(Exercise description): Only one stretch of the data is wanted: the line containing "filename crates/sw_record/src/run.rt", the line containing "those of the", and every line between them, copied exactly.
:: Task inputs ::
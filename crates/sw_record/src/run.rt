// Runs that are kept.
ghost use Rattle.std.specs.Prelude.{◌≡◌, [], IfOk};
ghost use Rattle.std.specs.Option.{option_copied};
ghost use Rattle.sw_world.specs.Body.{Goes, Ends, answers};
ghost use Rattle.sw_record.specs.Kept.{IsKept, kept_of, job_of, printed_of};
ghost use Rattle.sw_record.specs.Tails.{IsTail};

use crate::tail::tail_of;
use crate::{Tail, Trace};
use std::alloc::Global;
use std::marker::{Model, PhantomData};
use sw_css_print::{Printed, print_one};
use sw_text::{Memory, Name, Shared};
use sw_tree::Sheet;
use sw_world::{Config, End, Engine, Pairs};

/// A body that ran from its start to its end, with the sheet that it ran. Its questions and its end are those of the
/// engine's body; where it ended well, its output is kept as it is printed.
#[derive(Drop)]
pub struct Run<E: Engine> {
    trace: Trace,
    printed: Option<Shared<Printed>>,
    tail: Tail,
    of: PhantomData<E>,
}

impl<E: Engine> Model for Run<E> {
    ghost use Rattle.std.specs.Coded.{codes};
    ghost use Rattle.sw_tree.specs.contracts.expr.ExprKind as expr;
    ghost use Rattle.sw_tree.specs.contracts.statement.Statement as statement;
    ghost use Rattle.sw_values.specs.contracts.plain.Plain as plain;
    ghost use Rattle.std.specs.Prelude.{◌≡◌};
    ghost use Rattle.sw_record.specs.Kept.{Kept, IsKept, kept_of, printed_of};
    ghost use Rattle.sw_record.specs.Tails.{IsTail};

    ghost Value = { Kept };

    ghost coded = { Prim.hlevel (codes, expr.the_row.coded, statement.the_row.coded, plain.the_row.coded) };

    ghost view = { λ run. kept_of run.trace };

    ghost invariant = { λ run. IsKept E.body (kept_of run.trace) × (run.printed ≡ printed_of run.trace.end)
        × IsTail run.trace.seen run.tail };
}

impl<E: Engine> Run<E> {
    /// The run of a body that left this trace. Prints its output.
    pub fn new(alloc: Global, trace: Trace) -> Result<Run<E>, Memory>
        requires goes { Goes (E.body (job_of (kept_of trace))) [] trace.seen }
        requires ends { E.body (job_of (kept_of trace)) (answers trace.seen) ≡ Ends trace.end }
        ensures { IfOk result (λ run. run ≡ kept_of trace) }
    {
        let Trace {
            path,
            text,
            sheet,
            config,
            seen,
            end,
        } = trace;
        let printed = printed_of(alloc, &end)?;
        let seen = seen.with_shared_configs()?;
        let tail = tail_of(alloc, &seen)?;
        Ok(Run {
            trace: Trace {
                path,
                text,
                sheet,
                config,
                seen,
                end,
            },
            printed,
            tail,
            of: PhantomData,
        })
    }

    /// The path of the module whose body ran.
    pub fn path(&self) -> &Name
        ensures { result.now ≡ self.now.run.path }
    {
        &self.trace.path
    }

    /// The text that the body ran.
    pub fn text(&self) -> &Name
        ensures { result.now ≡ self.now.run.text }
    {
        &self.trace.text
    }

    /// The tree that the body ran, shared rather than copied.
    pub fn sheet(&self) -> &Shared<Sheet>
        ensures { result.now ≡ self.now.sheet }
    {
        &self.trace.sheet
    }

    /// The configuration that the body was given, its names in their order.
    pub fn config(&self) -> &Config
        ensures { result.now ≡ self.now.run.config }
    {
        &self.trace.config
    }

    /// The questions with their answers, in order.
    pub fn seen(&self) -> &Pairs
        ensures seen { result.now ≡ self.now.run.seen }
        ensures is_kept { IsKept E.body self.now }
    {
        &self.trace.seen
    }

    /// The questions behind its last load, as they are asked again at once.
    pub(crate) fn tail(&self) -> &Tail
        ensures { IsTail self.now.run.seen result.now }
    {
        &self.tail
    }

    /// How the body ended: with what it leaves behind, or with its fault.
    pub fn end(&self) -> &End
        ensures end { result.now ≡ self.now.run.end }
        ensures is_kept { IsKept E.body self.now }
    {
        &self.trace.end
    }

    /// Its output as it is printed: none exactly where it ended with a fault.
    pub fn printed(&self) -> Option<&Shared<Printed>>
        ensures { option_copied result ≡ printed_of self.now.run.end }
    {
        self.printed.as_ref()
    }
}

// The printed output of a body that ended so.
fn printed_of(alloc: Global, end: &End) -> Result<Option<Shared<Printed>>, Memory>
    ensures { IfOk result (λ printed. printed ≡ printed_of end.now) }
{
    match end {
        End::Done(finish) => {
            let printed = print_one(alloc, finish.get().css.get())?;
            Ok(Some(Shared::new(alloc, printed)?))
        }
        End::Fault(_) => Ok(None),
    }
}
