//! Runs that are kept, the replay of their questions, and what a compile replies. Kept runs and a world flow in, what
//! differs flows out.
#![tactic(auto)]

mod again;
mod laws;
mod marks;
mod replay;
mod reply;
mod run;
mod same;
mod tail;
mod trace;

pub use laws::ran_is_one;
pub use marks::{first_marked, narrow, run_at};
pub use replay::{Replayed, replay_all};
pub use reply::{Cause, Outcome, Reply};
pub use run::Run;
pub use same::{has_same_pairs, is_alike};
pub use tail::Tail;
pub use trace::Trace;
:::
:: Task inputs ::
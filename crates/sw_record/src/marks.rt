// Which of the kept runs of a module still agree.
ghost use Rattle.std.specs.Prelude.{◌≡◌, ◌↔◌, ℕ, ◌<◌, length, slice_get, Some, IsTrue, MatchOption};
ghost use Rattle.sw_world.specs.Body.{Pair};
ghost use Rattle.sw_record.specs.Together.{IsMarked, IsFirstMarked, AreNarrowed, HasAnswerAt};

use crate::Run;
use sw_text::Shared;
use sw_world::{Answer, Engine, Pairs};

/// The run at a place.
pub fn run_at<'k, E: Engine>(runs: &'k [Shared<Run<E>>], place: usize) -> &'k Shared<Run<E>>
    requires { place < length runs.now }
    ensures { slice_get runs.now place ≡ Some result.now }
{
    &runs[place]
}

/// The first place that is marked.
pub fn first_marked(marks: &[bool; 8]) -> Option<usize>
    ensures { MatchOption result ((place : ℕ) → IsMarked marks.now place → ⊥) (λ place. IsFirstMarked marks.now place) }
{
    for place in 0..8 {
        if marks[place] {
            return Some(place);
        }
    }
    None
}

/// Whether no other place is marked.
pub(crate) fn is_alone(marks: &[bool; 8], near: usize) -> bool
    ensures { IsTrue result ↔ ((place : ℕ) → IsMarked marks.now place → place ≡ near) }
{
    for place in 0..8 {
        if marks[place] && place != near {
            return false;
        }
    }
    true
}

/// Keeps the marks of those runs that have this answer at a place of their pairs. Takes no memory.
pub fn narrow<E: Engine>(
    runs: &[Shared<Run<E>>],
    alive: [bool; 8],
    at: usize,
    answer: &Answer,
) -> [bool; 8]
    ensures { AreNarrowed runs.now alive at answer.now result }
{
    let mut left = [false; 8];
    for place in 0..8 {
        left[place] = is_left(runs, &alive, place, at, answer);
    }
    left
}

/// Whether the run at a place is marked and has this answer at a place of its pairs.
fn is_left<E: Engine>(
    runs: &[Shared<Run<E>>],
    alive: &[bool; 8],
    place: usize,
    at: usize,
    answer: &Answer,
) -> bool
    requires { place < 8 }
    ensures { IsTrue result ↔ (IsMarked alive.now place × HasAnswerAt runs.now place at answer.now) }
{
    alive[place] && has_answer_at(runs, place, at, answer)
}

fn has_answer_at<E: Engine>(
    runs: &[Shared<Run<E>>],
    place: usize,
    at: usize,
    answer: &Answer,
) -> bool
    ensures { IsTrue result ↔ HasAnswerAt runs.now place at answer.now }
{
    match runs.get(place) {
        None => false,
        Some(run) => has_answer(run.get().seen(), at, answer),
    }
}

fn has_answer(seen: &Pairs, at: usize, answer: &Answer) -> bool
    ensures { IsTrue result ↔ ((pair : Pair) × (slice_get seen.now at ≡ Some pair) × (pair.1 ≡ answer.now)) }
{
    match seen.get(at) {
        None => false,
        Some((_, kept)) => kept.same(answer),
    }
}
:::
(Output of the task):
filename crates/sw_record/src/run.rt
// Runs that are kept.
ghost use Rattle.std.specs.Prelude.{◌≡◌, [], IfOk};
ghost use Rattle.std.specs.Option.{option_copied};
ghost use Rattle.sw_world.specs.Body.{Goes, Ends, answers};
ghost use Rattle.sw_record.specs.Kept.{IsKept, kept_of, job_of, printed_of};
ghost use Rattle.sw_record.specs.Tails.{IsTail};

use crate::tail::tail_of;
use crate::{Tail, Trace};
use std::alloc::Global;
use std::marker::{Model, PhantomData};
use sw_css_print::{Printed, print_one};
use sw_text::{Memory, Name, Shared};
use sw_tree::Sheet;
use sw_world::{Config, End, Engine, Pairs};

/// A body that ran from its start to its end, with the sheet that it ran. Its questions and its end are those of the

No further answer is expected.